(Dataset entries)
=== Section Start ===

//! The record of an event: an event that a build accepted, and the image of the build after it, as bytes and back.
//!
//! It is the payload of a record of a journal, and begins with a byte that tells its kind: `01`, an event and a whole
//! image. No other kind is read. A record has one spelling. [`read_record`] gives the record that some bytes spell,
//! all of them, or the first place at which their form breaks; [`write_record`] gives the spelling; [`record_size`]
//! tells its length without spelling it, and takes no memory. `docs/FORMATS.md` has the form byte by byte.
//!
//! ```text
//! let add = record_size(&event, &image);
//! let bytes = write_record(alloc, &event, &image)?; // `add` bytes
//! let again = read_record(alloc, bytes.as_slice())?; // equals `EventRecord { event, image }`
//! ```
#![tactic(auto, using(crate::proofs::Joined::two_parts))]

mod flow;
mod images;
mod lists;
mod measured;
mod record;
mod requests;
mod values;
mod waits;

pub use field_form::FormRefusal;
pub use lists::{Sizing, list_size};
pub use measured::Measured;
pub use record::{EventRecord, read_record, record_size, write_record};
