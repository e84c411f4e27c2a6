//! What an image has of a thread, and the thread that it tells of.

ghost use Rattle.std.specs.Prelude.{◌≡◌, ◌≤◌, IfOk, drop, length};

use crate::thread::{MachineThread, copied};
use cps_code::Code;
use cps_frames::ThreadState;
use green_threads::Seated;
use image_form::ImageThread;
use model_run::{Frame, Wait};
use saved_thread::{SavedThread, frames_in, frames_told, open_calls};
use std::alloc::{AllocError, Global};

impl SavedThread for MachineThread {
    ghost use Rattle.saved_thread.proofs.RestLaws.{all_storable, fit_rested, rested_fit};
    ghost use Rattle.cps_machine.specs.Threads.{stance_of};

    fn saved(
        alloc: Global,
        code: &Code,
        seat: &Seated<MachineThread>,
        first: usize,
    ) -> Result<ImageThread, AllocError> {
        let state = seat.thread.state();
        let frames = frames_from(state.stack.as_slice(), first);
        Ok(ImageThread {
            number: seat.number,
            parent: seat.parent,
            head: state.head,
            wait: same_wait(&seat.wait)?,
            context: copied(&state.context)?,
            frames: frames_told(alloc, code, frames)?,
        })
    }

    fn restored(
        alloc: Global,
        code: &Code,
        saved: ImageThread,
    ) -> Result<Seated<MachineThread>, AllocError> {
        let ImageThread {
            number,
            parent,
            head,
            wait,
            context,
            frames,
        } = saved;
        let stack = frames_in(alloc, code, frames)?;
        let calls = open_calls(stack.as_slice())?;
        let state = ThreadState {
            number,
            parent,
            head,
            context,
            calls,
            stack,
        };
        Ok(Seated {
            number,
            parent,
            wait,
            thread: MachineThread::restore(state),
        })
    }

    ghost storable = { all_storable stance_of };

    ghost rested_fit = { rested_fit stance_of };

    ghost fit_rested = { fit_rested stance_of };
}

/// The frames from this one on.
fn frames_from(frames: &[Frame], first: usize) -> &[Frame]
    requires within { first ≤ length frames.now }
    ensures { result.now ≡ drop first frames.now }
{
    &frames[first..]
}

/// The same wait once more. `AllocError` where the memory was refused.
fn same_wait(wait: &Wait) -> Result<Wait, AllocError>
    ensures { IfOk result (λ copy. copy ≡ wait.now) }
{
    let copy = wait.clone()?;
    Ok(copy)
}
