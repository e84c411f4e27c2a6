//! Flow nodes.

use crate::{Measured, Sizing};
use field_form::Counted;
use model_run::FlowNode;

impl Sizing<FlowNode> for Counted {
    fn size(_before: &[FlowNode], node: &FlowNode) -> u64 {
        node.name
            .size()
            .saturating_add(node.parents.size())
            .saturating_add(5)
    }
}
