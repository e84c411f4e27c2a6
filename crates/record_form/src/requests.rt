//! Requests, held executors and events.

use crate::{Measured, Sizing};
use field_form::{ByExecutor, ByNumber};
use model_run::{Event, Held, OpenRequest, Request};
use model_text::Pair;

impl Measured for Pair {
    fn size(&self) -> u64 {
        self.name.size().saturating_add(self.value.size())
    }
}

impl Measured for Request {
    fn size(&self) -> u64 {
        match self {
            Request::Node { label } => label.size().saturating_add(1),
            // its kind, its executor, both flags and the bytes that were taken: 15 bytes
            Request::Task {
                workspace,
                folder,
                env,
                script,
                out,
                ..
            } => workspace
                .size()
                .saturating_add(folder.size())
                .saturating_add(env.size())
                .saturating_add(script.size())
                .saturating_add(out.size())
                .saturating_add(15),
            Request::Input { id } => id.size().saturating_add(1),
        }
    }
}

impl Sizing<OpenRequest> for ByNumber {
    fn size(_before: &[OpenRequest], open: &OpenRequest) -> u64 {
        open.request.size().saturating_add(8)
    }
}

impl Sizing<Held> for ByExecutor {
    fn size(_before: &[Held], _held: &Held) -> u64 {
        12
    }
}

impl Measured for Event {
    fn size(&self) -> u64 {
        match self {
            Event::Start { script, agents } => {
                script
                    .size()
                    .saturating_add(agents.size())
                    .saturating_add(1)
            }
            Event::Granted { .. } | Event::Exited { .. } => 9,
            Event::Output { bytes, .. } => bytes.size().saturating_add(14),
            Event::Lost { .. } => 6,
            Event::Decided { name, .. } => name.size().saturating_add(6),
        }
    }
}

=== Section End ===

Task prompt: What is needed is every line from the data above that includes the string "Seated", copied out.

Answer for the task:
use green_threads::Seated;
        seat: &Seated<MachineThread>,
    ) -> Result<Seated<MachineThread>, AllocError> {
        Ok(Seated {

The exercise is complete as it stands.